- [PROBLEM STATEMENT]: Could you write the entries out again, exactly as they are?

(Data entries)

---+---

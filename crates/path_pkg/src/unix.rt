//! Paths of Unix, as they are sent and as they are read again.
ghost use Rattle.std.specs.Prelude.{◌≡◌, [], Some, IfOk, IfErr, IsOkAnd, string_bytes};
ghost use Rattle.std.specs.Option.{option_map};
ghost use Rattle.path_pkg.specs.Path.{is_absolute};
ghost use Rattle.path_pkg.specs.Unix.{unix_dist, unix_dist_abs};

use crate::fault::PackError;
use std::alloc::{AllocError, Global};

/// Maps the paths of a client under Unix: each is sent as it is.
#[derive(Debug, Drop)]
pub struct PathTransformer {
    alloc: Global,
}

/// The text of bytes, where they are UTF-8.
pub(crate) fn text_in(bytes: &[u8]) -> Option<&str>
    ensures { option_map (λ s. s.now) result ≡ unix_dist bytes.now }
{
    match str::from_utf8(bytes) {
        Ok(text) => Some(text),
        Err(_) => None,
    }
}

fn starts_at_root(path: &[u8]) -> bool
    ensures { result ≡ is_absolute path.now }
{
    match path {
        [b'/', ..] => true,
        _ => false,
    }
}

fn copy_some(alloc: Global, text: Option<&str>) -> Result<Option<String>, AllocError>
    ensures { IfOk result (λ o. option_map string_bytes o ≡ option_map (λ s. s.now) text.entry) }
{
    match text {
        Some(text) => {
            let copy = String::from_str(alloc, text)?;
            Ok(Some(copy))
        }
        None => Ok(None),
    }
}

impl PathTransformer {
    /// A transformer. It takes no memory.
    pub fn new(alloc: Global) -> Self {
        PathTransformer { alloc }
    }

    /// The text that an absolute path is sent as: None exactly where it does not begin with `/` or is not
    /// UTF-8.
    pub fn as_dist_abs(&mut self, p: &[u8]) -> Result<Option<String>, PackError>
        ensures text { IfOk result (λ o. option_map string_bytes o ≡ unix_dist_abs p.now) }
        ensures err { IfErr result (λ e. e ≡ PackError.Memory) }
    {
        if !starts_at_root(p) {
            return Ok(None);
        }
        self.as_dist(p)
    }

    /// The text that a path is sent as: None exactly where it is not UTF-8.
    pub fn as_dist(&mut self, p: &[u8]) -> Result<Option<String>, PackError>
        ensures text { IfOk result (λ o. option_map string_bytes o ≡ unix_dist p.now) }
        ensures err { IfErr result (λ e. e ≡ PackError.Memory) }
    {
        let copy = copy_some(self.alloc, text_in(p))?;
        Ok(copy)
    }

    /// The disks that were mapped: there are none. It is never refused.
    pub fn disk_mappings(&self) -> Result<Vec<(String, String)>, PackError>
        ensures { IsOkAnd result (λ v. v.items ≡ []) }
    {
        Ok(Vec::new(self.alloc))
    }

    /// The path that was sent as a text: the text.
    pub fn to_local(&self, p: &str) -> Result<Option<String>, PackError>
        ensures path { IfOk result (λ o. option_map string_bytes o ≡ Some p.now) }
        ensures err { IfErr result (λ e. e ≡ PackError.Memory) }
    {
        let path = String::from_str(self.alloc, p)?;
        Ok(Some(path))
    }
}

---+---

- [COMPLETED EXERCISE]:
filename crates/path_pkg/src/unix.rt
//! Paths of Unix, as they are sent and as they are read again.
ghost use Rattle.std.specs.Prelude.{◌≡◌, [], Some, IfOk, IfErr, IsOkAnd, string_bytes};
ghost use Rattle.std.specs.Option.{option_map};
ghost use Rattle.path_pkg.specs.Path.{is_absolute};
ghost use Rattle.path_pkg.specs.Unix.{unix_dist, unix_dist_abs};

use crate::fault::PackError;
use std::alloc::{AllocError, Global};

/// Maps the paths of a client under Unix: each is sent as it is.
#[derive(Debug, Drop)]
pub struct PathTransformer {
    alloc: Global,
}

/// The text of bytes, where they are UTF-8.
pub(crate) fn text_in(bytes: &[u8]) -> Option<&str>
    ensures { option_map (λ s. s.now) result ≡ unix_dist bytes.now }
{
    match str::from_utf8(bytes) {
        Ok(text) => Some(text),
        Err(_) => None,
    }
}

fn starts_at_root(path: &[u8]) -> bool
    ensures { result ≡ is_absolute path.now }
{
    match path {
        [b'/', ..] => true,
        _ => false,
    }
}

fn copy_some(alloc: Global, text: Option<&str>) -> Result<Option<String>, AllocError>
    ensures { IfOk result (λ o. option_map string_bytes o ≡ option_map (λ s. s.now) text.entry) }
{
    match text {
        Some(text) => {
            let copy = String::from_str(alloc, text)?;
            Ok(Some(copy))
        }
        None => Ok(None),
    }
}

impl PathTransformer {
    /// A transformer. It takes no memory.
    pub fn new(alloc: Global) -> Self {
        PathTransformer { alloc }
    }

    /// The text that an absolute path is sent as: None exactly where it does not begin with `/` or is not
    /// UTF-8.
    pub fn as_dist_abs(&mut self, p: &[u8]) -> Result<Option<String>, PackError>
        ensures text { IfOk result (λ o. option_map string_bytes o ≡ unix_dist_abs p.now) }
        ensures err { IfErr result (λ e. e ≡ PackError.Memory) }
    {
        if !starts_at_root(p) {
            return Ok(None);
        }
        self.as_dist(p)
    }

    /// The text that a path is sent as: None exactly where it is not UTF-8.
    pub fn as_dist(&mut self, p: &[u8]) -> Result<Option<String>, PackError>
        ensures text { IfOk result (λ o. option_map string_bytes o ≡ unix_dist p.now) }
        ensures err { IfErr result (λ e. e ≡ PackError.Memory) }
    {
        let copy = copy_some(self.alloc, text_in(p))?;
        Ok(copy)
    }

    /// The disks that were mapped: there are none. It is never refused.
    pub fn disk_mappings(&self) -> Result<Vec<(String, String)>, PackError>
        ensures { IsOkAnd result (λ v. v.items ≡ []) }
    {
        Ok(Vec::new(self.alloc))
    }

    /// The path that was sent as a text: the text.
    pub fn to_local(&self, p: &str) -> Result<Option<String>, PackError>
        ensures path { IfOk result (λ o. option_map string_bytes o ≡ Some p.now) }
        ensures err { IfErr result (λ e. e ≡ PackError.Memory) }
    {
        let path = String::from_str(self.alloc, p)?;
        Ok(Some(path))
    }
}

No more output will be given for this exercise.